果然,出来个满面红光的老者,穿一身夹纱直裰,头上还戴了顶员外帽,别人都还好,小严第一个撑不住,‘噗’地声笑出来。
这员外分明就是那晚乱石冢见到的庄主。
“还好,”他边笑边对沈绯衣道,“原班人马,换汤不换药。”
后者表情却突然严肃起来,眼睛直勾勾盯着老者看,老者被他看得浑身一抖,“这位公子,你看什么?”
他依旧是鹤发童颜孩儿面,不过这次态度极其温和,甚至有些老实懦弱,赔笑问,“你们是什么人?有什么事吗?”
“爹爹!”王峭峭责怪他,“这是昌令县的沈县令,人家是专程送我回来的。”
“哦,多谢多谢。
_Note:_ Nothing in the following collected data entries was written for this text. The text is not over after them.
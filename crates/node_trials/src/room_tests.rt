//! Which page leaves a full cache, and what its block holds then.

ghost use Rattle.std.specs.Prelude.{◌<◌};
ghost use Rattle.node_trials.specs.Bench.{IsReady};

use crate::bench::Bench;
use crate::store::{MAP, NODE, PAGES, SHAPE, born, changed, new_bench};
use page_owner::Own;
use sd_base::{Disk, PageNo};
use std::process::Abort;
use std::test::Fail;

const FIRST: PageNo = PageNo(1);

const SECOND: PageNo = PageNo(2);

const THIRD: PageNo = PageNo(3);

/// A changed page has left the cache, and its block holds the change.
fn check_gone<D: Disk>(rt: &impl Abort, bench: &mut Bench<D>, x: PageNo)
    requires page { x.0 < PAGES }
    requires ready { IsReady SHAPE D.told (D.state bench.old.disk) bench.old.pool bench.old.owners bench.old.cache }
    ensures ready { IsReady SHAPE D.told (D.state bench.new.disk) bench.new.pool bench.new.owners bench.new.cache }
{
    assert!(rt; !bench.cache.has(x));
    assert!(rt; !bench.cache.is_dirty(x));
    assert_eq!(rt; bench.owners.state(x), Own::Parked(NODE));
    assert!(rt; bench.stores(x, &changed(rt, x, SHAPE.birth, 7)));
}

/// What 17 changed pages have left of a cache of 16, beside the map page.
fn check_left<D: Disk>(rt: &impl Abort, bench: &mut Bench<D>)
    requires ready { IsReady SHAPE D.told (D.state bench.old.disk) bench.old.pool bench.old.owners bench.old.cache }
    ensures ready { IsReady SHAPE D.told (D.state bench.new.disk) bench.new.pool bench.new.owners bench.new.cache }
{
    check_gone(rt, bench, FIRST);
    check_gone(rt, bench, SECOND);
    // The page that came in next stays, and its block is as the page was born.
    assert!(rt; *bench.view(rt, THIRD) == changed(rt, THIRD, SHAPE.birth, 7));
    assert!(rt; bench.cache.is_dirty(THIRD));
    assert!(rt; bench.stores(THIRD, &born(THIRD, SHAPE.birth)));
    assert_eq!(rt; bench.owners.state(THIRD), Own::Out(NODE));
    assert!(rt; bench.cache.has(MAP));
    assert_eq!(rt; bench.pool.free(), 0);
}

/// A hit leaves the order as it is, and a page that has left is fetched as it was changed.
fn check_again<D: Disk>(rt: &impl Abort, bench: &mut Bench<D>)
    requires ready { IsReady SHAPE D.told (D.state bench.old.disk) bench.old.pool bench.old.owners bench.old.cache }
    ensures ready { IsReady SHAPE D.told (D.state bench.new.disk) bench.new.pool bench.new.owners bench.new.cache }
{
    bench.fetch_all(rt, &[THIRD, FIRST]);
    assert!(rt; *bench.view(rt, FIRST) == changed(rt, FIRST, SHAPE.birth, 7));
    assert!(rt; !bench.cache.is_dirty(FIRST));
    assert!(rt; !bench.cache.has(THIRD));
    assert!(rt; bench.cache.has(PageNo(4)));
    assert!(rt; bench.cache.has(MAP));
    assert_eq!(rt; bench.owners.state(FIRST), Own::Out(NODE));
    assert_eq!(rt; bench.owners.state(THIRD), Own::Parked(NODE));
}

#[test]
fn a_changed_page_makes_room(rt: HostRuntime) -> Result<(), Fail> {
    let mut bench = new_bench(rt.alloc(), 17)?;
    bench.change_in_turn(&rt, 17);
    check_left(&rt, &mut bench);
    check_again(&rt, &mut bench);
    let remains = bench.end(0);
    assert_eq!(rt; remains.pool.free(), 16);
    Ok(())
}
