//! Bytes and numbers are put into a text, and numbers are read from it.

ghost use Rattle.std.specs.Prelude.{◌≡◌, ◌+◌, ◌≤◌, length};
ghost use Rattle.byteorder.specs.Endian.{big_bytes};
ghost use Rattle.sd_base.specs.Text.{put, number_at};

use byteorder::{BigEndian, ByteOrder};

/// Puts bytes into a text.
#[tactic(auto, unfolding(crate::specs::Text::put))]
pub fn put_bytes(out: &mut [u8], at: usize, bytes: &[u8])
    requires { at + length bytes.now ≤ length out.old }
    ensures { out.new ≡ put at bytes.now out.old }
{
    out[at..at + bytes.len()].copy_from_slice(bytes);
}

/// Puts a number into four bytes of a text, the highest byte first.
#[tactic(auto, unfolding(crate::specs::Text::put))]
pub fn put_u32(out: &mut [u8], at: usize, n: u32)
    requires { at + 4 ≤ length out.old }
    ensures { out.new ≡ put at (big_bytes 4 n) out.old }
{
    BigEndian::write_u32(&mut out[at..at + 4], n);
}

/// Puts a number into eight bytes of a text, the highest byte first.
#[tactic(auto, unfolding(crate::specs::Text::put))]
pub fn put_u64(out: &mut [u8], at: usize, n: u64)
    requires { at + 8 ≤ length out.old }
    ensures { out.new ≡ put at (big_bytes 8 n) out.old }
{
    BigEndian::write_u64(&mut out[at..at + 8], n);
}

/// The number in four bytes of a text.
pub fn u32_at(text: &[u8], at: usize) -> u32
    requires { at + 4 ≤ length text.now }
    ensures { result ≡ number_at 4 at text.now }
{
    BigEndian::read_u32(&text[at..])
}

/// The number in eight bytes of a text.
pub fn u64_at(text: &[u8], at: usize) -> u64
    requires { at + 8 ≤ length text.now }
    ensures { result ≡ number_at 8 at text.now }
{
    BigEndian::read_u64(&text[at..])
}
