//! A transaction that has filled the log can still be taken back.

ghost use Rattle.node_trials.specs.SeatBench.{IsSeated};

use crate::reading::check_page;
use crate::records::{PAGE, text};
use crate::seat_bench::SeatBench;
use crate::store::{MAP, SHAPE, new_bench};
use sd_base::Disk;
use std::process::Abort;
use std::test::Fail;
use txn_core::Change;

const SEAT: u8 = 0;

/// Begins a transaction, and changes the page until the log has room for no further update: of its 48
/// records half are there then, and the others are owed.
fn fill<D: Disk>(rt: &impl Abort, bench: &mut SeatBench<D>)
    requires seated { IsSeated SHAPE D.told (D.state bench.old.bench.disk) bench.old.bench.pool bench.old.bench.owners bench.old.bench.cache bench.old.seats bench.old.left }
    ensures seated { IsSeated SHAPE D.told (D.state bench.new.bench.disk) bench.new.bench.pool bench.new.bench.owners bench.new.bench.cache bench.new.seats bench.new.left }
{
    bench.fetch_all(rt, &[MAP, PAGE]);
    bench.begin(rt, SEAT);
    for _ in 0..23 {
        bench.change(rt, SEAT, PAGE, 0, &Change::Append(text(rt, b"x")));
    }
    assert_eq!(rt; bench.seats.owed(), 24);
    assert_eq!(rt; bench.bench.cache.log().space(), 24);
}

#[test]
fn what_is_owed_fits_the_log(rt: HostRuntime) -> Result<(), Fail> {
    let mut bench = SeatBench::new(new_bench(rt.alloc(), 1)?);
    fill(&rt, &mut bench);
    check_page(&rt, &bench.bench, 28, &[(0, &[b'x'; 23])]);
    bench.take_back_all(&rt, SEAT);
    check_page(&rt, &bench.bench, 51, &[]);
    assert_eq!(rt; bench.seats.owed(), 0);
    assert_eq!(rt; bench.bench.cache.log().space(), 0);
    bench.end(0);
    Ok(())
}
”老者完全没有了初次见面时的威风感,笑容可掬十分和蔼,若不是那张脸实在特别,小严真以为自己遇到的是另一个人。他诧异地看看沈绯衣,后者面带微笑,居然还礼,“不客气。”
嘿!小严怒,没见过这么会演戏的人,个个表面功夫都做到无懈可击,想了想,总算耐着性子,学沈绯衣作皮笑肉不笑,“那个……我猜您老是王员外,对不对?咱们就站在这里说话?你不准备请我们进去坐坐吗?”
“哦,是,是,怠慢了贵客,老夫真是太失礼了……”
王员外恭恭敬敬地把他们迎进去,先进客厅奉茶,三四个粉衣小婢服伺左右,虽然一个个面目清秀,到底没了上次的奢华派头,小严仔细打量一番,点点头,细节处滴水不漏,果然手法严谨。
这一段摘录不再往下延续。